// What a search for the rings of one length works on: the path that it has come, and the notes of what it has found.
ghost use Rattle.std.specs.Prelude.{◌≤◌, length};
ghost use Rattle.ring.specs.Maxima.{ring_most};
ghost use Rattle.notes.specs.Noting.{Fits};
ghost use Rattle.search.specs.Given.{Given};

use crate::net::Net;
use crate::path::Path;
use notes::Found;

// Where a search for the rings of k atoms stands: its path is to grow to one.
#[derive(Clone, Copy)]
pub struct Search<'a> {
    pub net: Net<'a>,
    pub k: usize,
    pub path: &'a Path,
    ghost given: { Given net.n k path.now },
}

// The rings found, counted, and written in the list where they fit.
#[derive(Drop)]
pub struct Notes<'a> {
    pub allowance: u32,
    pub found: Found,
    pub list: &'a mut [u16],
    ghost fits: { Fits found },
}

impl Notes<'_> {
    ghost use Rattle.std.specs.Prelude.{◌≡◌, [], ◌∷◌};
    ghost use Rattle.notes.specs.Noting.{none};
    ghost use Rattle.search.specs.State.{HasNoted};

    // Notes of no ring.
    pub fn new<'a>(allowance: u32, list: &'a mut [u16]) -> Notes<'a>
        ensures empty { (result.allowance ≡ allowance) × (result.found ≡ none) × (result.list.now ≡ list.old) }
        ensures same_list { result.list.ghost_name ≡ list.entry.ghost_name }
    {
        let found = Found {
            rings: 0,
            at: 0,
            over: false,
        };
        Notes {
            allowance,
            found,
            list,
        }
    }

    // A ring is noted.
    pub fn note(&mut self, ring: &[u16])
        requires { length ring.now ≤ ring_most }
        ensures noted { HasNoted (ring.now ∷ []) self.old self.new }
        ensures same_list { self.new.list.ghost_name ≡ self.old.list.ghost_name }
    {
        self.found = notes::note(ring, self.allowance, self.found, self.list);
    }
}
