// A path: its atoms in order, first to last. In a clause it is their list.
ghost use Rattle.std.specs.Prelude.{◌≡◌, ℕ, List, [], ◌∷◌, ◌++◌, ◌<◌, ◌≤◌, length, get_or, take};
ghost use Rattle.ring.specs.Maxima.{ring_most};

use ring::Ring;
use std::marker::Model;

// Kept: an array with its length beside it, since the library has no heap.
#[derive(Drop)]
pub struct Path {
    atoms: [u16; Ring::LENGTH],
    len: usize,
}

impl Model for Path {
    ghost Value = { List ℕ };

    ghost view = { λ p. take p.len p.atoms };

    ghost invariant = { λ p. p.len ≤ ring_most };
}

impl Path {
    // The path of one atom.
    pub fn of(first: u16) -> Path
        ensures { result ≡ first ∷ [] }
    {
        let mut atoms = [0u16; Ring::LENGTH];
        atoms[0] = first;
        Path { atoms, len: 1 }
    }

    pub fn push(&mut self, atom: u16)
        requires { length self.old < ring_most }
        ensures { self.new ≡ self.old ++ (atom ∷ []) }
    {
        self.atoms[self.len] = atom;
        self.len += 1;
    }

    // Only the first `len` atoms stay.
    pub fn cut(&mut self, len: usize)
        requires { len ≤ length self.old }
        ensures { self.new ≡ take len self.old }
    {
        self.len = len;
    }

    pub fn len(&self) -> usize
        ensures { result ≡ length self.now }
    {
        self.len
    }

    // The atom at a place.
    pub fn at(&self, place: usize) -> usize
        requires { place < length self.now }
        ensures { result ≡ get_or self.now place 0 }
    {
        self.words()[place] as usize
    }

    pub fn words(&self) -> &[u16]
        ensures { result.now ≡ self.now }
    {
        &self.atoms[..self.len]
    }
}
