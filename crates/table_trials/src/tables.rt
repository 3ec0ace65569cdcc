// The validator and the distance table: refusals 1, 4, 5 and 7 to 11, from both sides of their borders.
ghost use Rattle.std.specs.Prelude.{◌≤◌};

use crate::word;
use network::{Answer, Network};
use say::{Shown, ShownWords};
use std::io;

pub fn run(rt: &impl Print, figure: &[u16]) -> io::Result<()> {
    sizes(rt)?;
    neighbours(rt)?;
    orders(rt)?;
    distances(rt, figure)?;
    apart(rt)
}

// 1 and 4: the number of atoms and the length of the table.
fn sizes(rt: &impl Print) -> io::Result<()> {
    let most = Network::ATOMS;
    let table = [Network::FREE; (Network::ATOMS + 1) * Network::PLACES];
    for (n, words) in [
        (0, 0),
        (1, Network::PLACES),
        (most, most * Network::PLACES),
        (most + 1, (most + 1) * Network::PLACES),
        (2, 15),
        (2, 16),
        (2, 17),
    ] {
        judge(rt, n, &table[..words])?;
    }
    Ok(())
}

// 7 and 11: neighbours that are no atoms, do not answer, and answer.
fn neighbours(rt: &impl Print) -> io::Result<()> {
    for (n, letters) in [
        (2, b"1-----------------------"),
        (2, b"1-------0---------------"),
        (3, b"------------------------"),
        (3, b"3-----------------------"),
        (3, b"2-----------------------"),
        (3, b"2---------------0-------"),
    ] {
        rows(rt, n, letters)?;
    }
    Ok(())
}

// 8 to 10: neighbours after a free place, own atoms, and neighbours out of order, twice and in order.
fn orders(rt: &impl Print) -> io::Result<()> {
    for letters in [
        b"2-1-------------0-------",
        b"2-0-------------0-------",
        b"20--------------0-------",
        b"21--------------0-------",
        b"22--------------0-------",
        b"12--------------0-------",
        b"12------0-------0-------",
        b"12------01------0-------",
    ] {
        rows(rt, 3, letters)?;
    }
    Ok(())
}

// The first rows of the table so written as that of n atoms.
fn rows(rt: &impl Print, n: usize, letters: &[u8; 24]) -> io::Result<()>
    requires { n ≤ 3 }
{
    let table = letters.map(word);
    print!(rt; "rows{}, ", ShownWords(&table))?;
    judge(rt, n, &table[..n * Network::PLACES])
}

fn judge(rt: &impl Print, n: usize, table: &[u16]) -> io::Result<()> {
    let words = table.len();
    let answer: Answer = validator::validate(n, table).into();
    println!(rt; "validate atoms {n}, words {words}: {}", Shown(&answer))
}

// 5: the distances of Fig. 1 into too few bytes, too many, and as many as they are.
fn distances(rt: &impl Print, figure: &[u16]) -> io::Result<()> {
    for bytes in [48, 50, 49] {
        let mut dist = [9u8; 56];
        let answer: Answer = distance::distances(7, figure, &mut dist[..bytes]).into();
        println!(rt; "distances, bytes {bytes}: {}", Shown(&answer))?;
        say::rows(rt, &dist, 7)?;
    }
    Ok(())
}

// Two atoms apart have no path.
fn apart(rt: &impl Print) -> io::Result<()> {
    let mut dist = [9u8; 4];
    let _ = distance::distances(2, &[Network::FREE; 16], &mut dist);
    println!(rt; "distances, two atoms apart")?;
    say::rows(rt, &dist, 2)
}
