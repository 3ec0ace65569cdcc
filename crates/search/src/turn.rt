// Where the search turns back: tests that every ring passes, so that no ring is lost by them.
ghost use Rattle.std.specs.Prelude.{◌≡◌, [], ◌∷◌, ◌++◌, ◌/◌, ◌<◌, ◌≤◌, length};
ghost use Rattle.paths.specs.Search.{follows};
ghost use Rattle.paths.specs.Turn.{antipodes, last_above, look_ahead, may_follow, Hint};

use crate::state::Search;
use ring::Ring;

impl Search<'_> {
    ghost use Rattle.search.specs.State.{Looked};

    // Whether a may follow on the path: none if not, or where the next look ahead is to start.
    pub fn may_follow(&self, a: usize, from: usize) -> Option<usize>
        requires inside { (a < self.now.net.n) × (length self.now.path.now < self.now.k) }
        requires hint { let s = self.now in Hint s.net.n s.net.dist.now s.k s.path.now from }
        ensures { let s = self.now in Looked (follows (may_follow s.net.n s.net.dist.now s.k) s.path.now a) s a result }
    {
        let len = self.path.len();
        if self.path.at(0) < a && self.pair_fits(len, a, 0) && self.closes(a) {
            if len <= self.k / 2 {
                return self.look_ahead(a, from);
            }
            if self.across(a) {
                return Some(from);
            }
        }
        None
    }

    // Whether a next on the path, which is past half the ring, fits the atoms that stand across the ring from it.
    fn across(&self, a: usize) -> bool
        requires inside { let s = self.now in (a < s.net.n) × (s.k / 2 < length s.path.now) × (length s.path.now < s.k) }
        ensures { let s = self.now in result ≡ antipodes s.net.n s.net.dist.now s.k s.path.now a }
    {
        let len = self.path.len();
        let half = self.k / 2;
        self.pair_fits(len, a, len - half)
            && (half + half == self.k || self.pair_fits(len, a, len - half - 1))
    }

    // Whether a is above the second atom, if its place is the last.
    fn closes(&self, a: usize) -> bool
        ensures { let s = self.now in result ≡ last_above s.k s.path.now a }
    {
        self.path.len() + 1 != self.k || self.path.at(1) < a
    }

    // The first atom from `from` on that fits at the place just past half the ring, if any.
    fn look_ahead(&self, a: usize, from: usize) -> Option<usize>
        requires inside { let s = self.now in (a < s.net.n) × (length s.path.now ≤ s.k / 2) }
        requires hint { let s = self.now in Hint s.net.n s.net.dist.now s.k s.path.now from }
        ensures { let s = self.now in Looked (look_ahead s.net.n s.net.dist.now s.k s.path.now a) s a result }
    {
        let len = self.path.len();
        let at = self.k / 2 + 1;
        let w = Ring::around(self.k, at - len);
        // Kept: each y is asked for by a call from the one before on, so there is no range to go over.
        let mut next = self.net.next_at(a, w, from);
        while let Some(y) = next {
            if self.fits_before(len, at, y) {
                return next;
            }
            next = self.net.next_at(a, w, y + 1);
        }
        None
    }
}
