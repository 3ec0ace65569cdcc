// Reading a network file: refusals 19 to 27, from both sides of their borders.
ghost use Rattle.std.specs.Prelude.{◌≤◌};

use crate::WORDS;
use bnw::{BOND, BONDS, BONDS_AT, HEAD};
use network::Network;
use say::{Shown, ShownBytes, ShownWords};
use std::io;

pub fn run(rt: &impl Print) -> io::Result<()> {
    heads(rt)?;
    atoms(rt)?;
    bonds(rt)?;
    lengths(rt)?;
    orders(rt)?;
    ninths(rt)
}

// 19 to 21: a short file, marks and versions.
fn heads(rt: &impl Print) -> io::Result<()> {
    read(rt, b"BNW\x01\x00\x01\x00\x00", Network::PLACES)?;
    for (letter, version) in [(b'W', 1), (b'X', 1), (b'W', 0), (b'W', 2), (b'W', 257)] {
        head(rt, letter, version, 1, 0, Network::PLACES)?;
    }
    Ok(())
}

// 22: the number of atoms, with its sign.
fn atoms(rt: &impl Print) -> io::Result<()> {
    let most = Network::ATOMS as u16;
    for atoms in [0, most, most + 1, 0xffff, 0x8000] {
        head(rt, b'W', 1, atoms, 0, WORDS)?;
    }
    Ok(())
}

// 23: the number of bonds, with its sign. The most bonds are a right number, and missing.
fn bonds(rt: &impl Print) -> io::Result<()> {
    let most = BONDS as u16;
    for bonds in [0xffff, 0x8000, most, most + 1] {
        head(rt, b'W', 1, 2, bonds, WORDS)?;
    }
    Ok(())
}

// A file that ends after its counts, by the mark's last letter, its version and its counts.
// Kept: that the room is at most the greatest table's stands in three contracts, from the case to its call; a type of rooms would be no plainer.
fn head(
    rt: &impl Print,
    letter: u8,
    version: u16,
    atoms: u16,
    bonds: u16,
    room: usize,
) -> io::Result<()>
    requires { room ≤ WORDS }
{
    let [v, w] = version.to_le_bytes();
    let [a, b] = atoms.to_le_bytes();
    let [c, d] = bonds.to_le_bytes();
    read(rt, &[b'B', b'N', letter, v, w, a, b, c, d], room)
}

// 24 and 25: the lengths of the file and of the table.
fn lengths(rt: &impl Print) -> io::Result<()> {
    let file = b"BNW\x01\x00\x02\x00\x01\x00\x00\x00\x01\x00\x00";
    for (bytes, words) in [(12, 16), (13, 16), (14, 16), (13, 15), (13, 17)] {
        read(rt, &file[..bytes], words)?;
    }
    Ok(())
}

// 26: the second of two bonds of three atoms.
fn orders(rt: &impl Print) -> io::Result<()> {
    for [a, b, c, d] in [
        [0, 1, 0, 2],
        [0, 1, 0, 3],
        [0, 1, 1, 1],
        [0, 1, 2, 1],
        [0, 1, 0, 1],
        [0, 2, 0, 1],
        [1, 2, 0, 2],
    ] {
        read(
            rt,
            &[b'B', b'N', b'W', 1, 0, 3, 0, 2, 0, a, 0, b, 0, c, 0, d, 0],
            3 * Network::PLACES,
        )?;
    }
    Ok(())
}

// 27: eight and nine bonds on atom 0, the first of each, and on atom 10, the second of each.
fn ninths(rt: &impl Print) -> io::Result<()> {
    ninth(
        rt,
        *b"BNW\x01\x00\x0a\x00\x09\x00\x00\x00\x01\x00\x00\x00\x02\x00\x00\x00\x03\x00\x00\x00\x04\x00\x00\x00\x05\x00\x00\x00\x06\x00\x00\x00\x07\x00\x00\x00\x08\x00\x00\x00\x09\x00",
        80,
    )?;
    ninth(
        rt,
        *b"BNW\x01\x00\x0b\x00\x09\x00\x00\x00\x0a\x00\x01\x00\x0a\x00\x02\x00\x0a\x00\x03\x00\x0a\x00\x04\x00\x0a\x00\x05\x00\x0a\x00\x06\x00\x0a\x00\x07\x00\x0a\x00\x08\x00\x0a\x00",
        88,
    )
}

// The first eight bonds of a file of nine, and all.
fn ninth(rt: &impl Print, mut file: [u8; HEAD + 9 * BOND], room: usize) -> io::Result<()>
    requires { room ≤ WORDS }
{
    for bonds in [8, 9] {
        file[BONDS_AT] = bonds;
        read(rt, &file[..HEAD + usize::from(bonds) * BOND], room)?;
    }
    Ok(())
}

// Reads a file into a table, the first `room` words of the greatest, and shows 17 of these.
fn read(rt: &impl Print, file: &[u8], room: usize) -> io::Result<()>
    requires { room ≤ WORDS }
{
    let mut table = [9u16; WORDS];
    println!(rt; "words {room}, file{}", ShownBytes(file))?;
    let reading = bnw_reader::read(file, &mut table[..room]);
    let (shown, _) = table.split_at(17);
    println!(rt; "read: {}\nits table{}", Shown(&reading), ShownWords(shown))
}
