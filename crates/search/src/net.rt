// A network with its distances: the bonds and the distances of its atoms are looked up in it.
ghost use Rattle.std.specs.Prelude.{◌≡◌, ◌*◌, ◌<◌, ◌≤◌, length};
ghost use Rattle.network.specs.Maxima.{atoms_most, places};
ghost use Rattle.network.specs.Network.{word};
ghost use Rattle.distance.specs.Distances.{distance};
ghost use Rattle.paths.specs.Shown.{Ends};
ghost use Rattle.search.specs.Near.{FirstAt};

use network::Network;

// n atoms, their bond table, and the distances between them.
#[derive(Clone, Copy)]
pub struct Net<'a> {
    pub n: usize,
    pub table: &'a [u16],
    pub dist: &'a [u8],
    ghost few: { n ≤ atoms_most },
    ghost rows: { length table.now ≡ places * n },
    ghost packed: { Ends n table.now },
    ghost square: { length dist.now ≡ n * n },
}

impl Net<'_> {
    // What stands at a place of an atom's row.
    // Kept: the word, and no Option of a neighbour: with one, listing a silica network of 192 atoms at limit 24 takes 6.04 ms, and so 5.75.
    pub fn word(&self, atom: usize, place: usize) -> u16
        requires { (atom < self.now.n) × (place < places) }
        ensures { result ≡ word self.now.table.now atom place }
    {
        self.table[atom * Network::PLACES + place]
    }

    // The distance from a to b.
    pub fn far(&self, a: usize, b: usize) -> usize
        requires { (a < self.now.n) × (b < self.now.n) }
        ensures { result ≡ distance self.now.dist.now self.now.n a b }
    {
        self.dist[a * self.n + b] as usize
    }

    // The first atom from `from` on whose distance from a is w.
    // Kept: two atoms at a time: one at a time, by a `for`, that network takes 6.27 ms, and so 5.75.
    pub fn next_at(&self, a: usize, w: usize, from: usize) -> Option<usize>
        requires { (a < self.now.n) × (from ≤ self.now.n) }
        ensures { FirstAt self.now.n self.now.dist.now a w from result }
    {
        let mut y = from;
        while y + 1 < self.n {
            if self.far(a, y) == w {
                return Some(y);
            }
            if self.far(a, y + 1) == w {
                return Some(y + 1);
            }
            y += 2;
        }
        if y < self.n && self.far(a, y) == w {
            Some(y)
        } else {
            None
        }
    }
}
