// The histogram of an accepted call.
ghost use Rattle.std.specs.Prelude.{◌≡◌, ◌*◌, ◌≤◌, Ok};
ghost use Rattle.network.specs.Network.{Counted};
ghost use Rattle.ring.specs.Maxima.{ring_most, allowance_most};
ghost use Rattle.census.specs.Told.{histogram_told};
ghost use Rattle.census.specs.Census.{census_with};

use crate::grow::Tally;
use census::Histogram;
use notes::Found;

// What an accepted call says of the rings found.
pub fn histogram(n: usize, limit: usize, tally: Tally, found: Found) -> Histogram
    requires counted { Counted n }
    requires bounded { tally.lengths ≤ ring_most * allowance_most }
    ensures { histogram_told (Ok result) ≡ census_with n limit tally.counts found.rings tally.lengths found.at }
{
    let Tally { counts, lengths } = tally;
    let averages = averages::averages_of(n as u32, found.rings, lengths as u32);
    Histogram {
        limit,
        counts,
        total: found.rings,
        words: found.at,
        averages,
    }
}
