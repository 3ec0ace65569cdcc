// Pairs of atoms on the path: whether they are as far apart in the network as on the ring.
ghost use Rattle.std.specs.Prelude.{◌≡◌, ◌<◌, ◌≤◌, length};
ghost use Rattle.paths.specs.Search.{pair_fits, fits_before, every_pair, is_ring};

use crate::state::Search;
use ring::Ring;

impl Search<'_> {
    // Whether the path, which is whole, is the one writing of a shortest-path ring: every pair is tested.
    pub fn is_ring(&self) -> bool
        requires { length self.now.path.now ≡ self.now.k }
        ensures { let s = self.now in result ≡ is_ring s.net.n s.net.dist.now s.k s.path.now }
    {
        self.path.at(1) < self.path.at(self.k - 1) && self.every_pair()
    }

    // Whether every pair of the path, which is whole, fits.
    fn every_pair(&self) -> bool
        requires { length self.now.path.now ≡ self.now.k }
        ensures { let s = self.now in result ≡ every_pair s.net.n s.net.dist.now s.k s.path.now }
    {
        (0..self.k).all(|j| self.fits_before(j, j, self.path.at(j)))
    }

    // Whether y at place `at` fits each of the first `many` atoms.
    // Kept: a loop: by `all`, listing a silica network of 192 atoms at limit 24 takes 6.24 ms, and so 5.75.
    pub fn fits_before(&self, many: usize, at: usize, y: usize) -> bool
        requires { let s = self.now in (many ≤ length s.path.now) × (many ≤ at) × (at ≤ s.k) × (y < s.net.n) }
        ensures { let s = self.now in result ≡ fits_before s.net.n s.net.dist.now s.k s.path.now many at y }
    {
        for i in 0..many {
            if !self.pair_fits(at, y, i) {
                return false;
            }
        }
        true
    }

    // Whether y at place `at` of the ring is as far from the atom at place i as the ring says.
    pub fn pair_fits(&self, at: usize, y: usize, i: usize) -> bool
        requires { let s = self.now in (i < length s.path.now) × (i ≤ at) × (at ≤ s.k) × (y < s.net.n) }
        ensures { let s = self.now in result ≡ pair_fits s.net.n s.net.dist.now s.k s.path.now at y i }
    {
        self.net.far(self.path.at(i), y) == Ring::around(self.k, at - i)
    }
}
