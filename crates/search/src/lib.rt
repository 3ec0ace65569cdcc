// The search for shortest-path rings: counting and listing them.
#![tactic(auto)]

mod answers;
mod grow;
mod net;
mod pairs;
mod path;
mod state;
mod turn;

ghost use Rattle.census.specs.Told.{histogram_told};
ghost use Rattle.census.specs.Census.{CountOutcome, ListOutcome};

use census::{Histogram, checks};
use net::Net;
use network::{Reason, Refusal};
use state::Notes;

// Counts the shortest-path rings of at most `limit` atoms: refusals 1 to 5, 7 to 11, and 12.
pub fn count(
    n: usize,
    table: &[u16],
    limit: usize,
    allowance: usize,
    dist: &mut [u8],
) -> Result<Histogram, Refusal>
    ensures { CountOutcome n table.now limit allowance dist.old dist.new (histogram_told result) }
{
    checks::prepare(n, table, limit, allowance, dist)?;
    let used = checks::limit_used(limit);
    let mut scratch = [0u16; 1];
    let mut notes = Notes::new(allowance as u32, &mut scratch);
    let tally = grow::each_length(Net { n, table, dist }, used, &mut notes);
    if notes.found.over {
        return Err(Reason::TooManyRings.into());
    }
    Ok(answers::histogram(n, used, tally, notes.found))
}

// Lists them: counted first, and written only where there is room for all, refusal 13.
pub fn list(
    n: usize,
    table: &[u16],
    limit: usize,
    allowance: usize,
    dist: &mut [u8],
    list: &mut [u16],
) -> Result<Histogram, Refusal>
    ensures { ListOutcome n table.now limit allowance dist.old dist.new list.old list.new (histogram_told result) }
{
    let counted = count(n, table, limit, allowance, dist)?;
    if list.len() < counted.words {
        return Err(Reason::ListLength.into());
    }
    let mut notes = Notes::new(allowance as u32, list);
    grow::each_length(Net { n, table, dist }, counted.limit, &mut notes);
    Ok(counted)
}
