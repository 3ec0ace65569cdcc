// Runs the cases of bond tables, distances and network files, each refusal from both sides of its border: a printed line for
// each answer.
#![tactic(auto)]

mod readings;
mod tables;
mod writings;

use network::Network;
use std::io;

// The words of the greatest table.
pub const WORDS: usize = Network::ATOMS * Network::PLACES;

// The paper's Fig. 1, a to g as 0 to 6: each row's eight places, a stroke for a free one.
fn main(rt: HostRuntime) -> io::Result<()> {
    let figure = b"14------023-----15------156-----05------2346----35------".map(word);
    tables::run(&rt, &figure)?;
    readings::run(&rt)?;
    writings::run(&rt, &figure)
}

// The word so written.
pub fn word(letter: u8) -> u16 {
    if letter == b'-' {
        Network::FREE
    } else {
        u16::from(letter % b'0')
    }
}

## Prompt
Nothing but a number is wanted here: how many lines of the material contain the string "Noting".

## Your response
2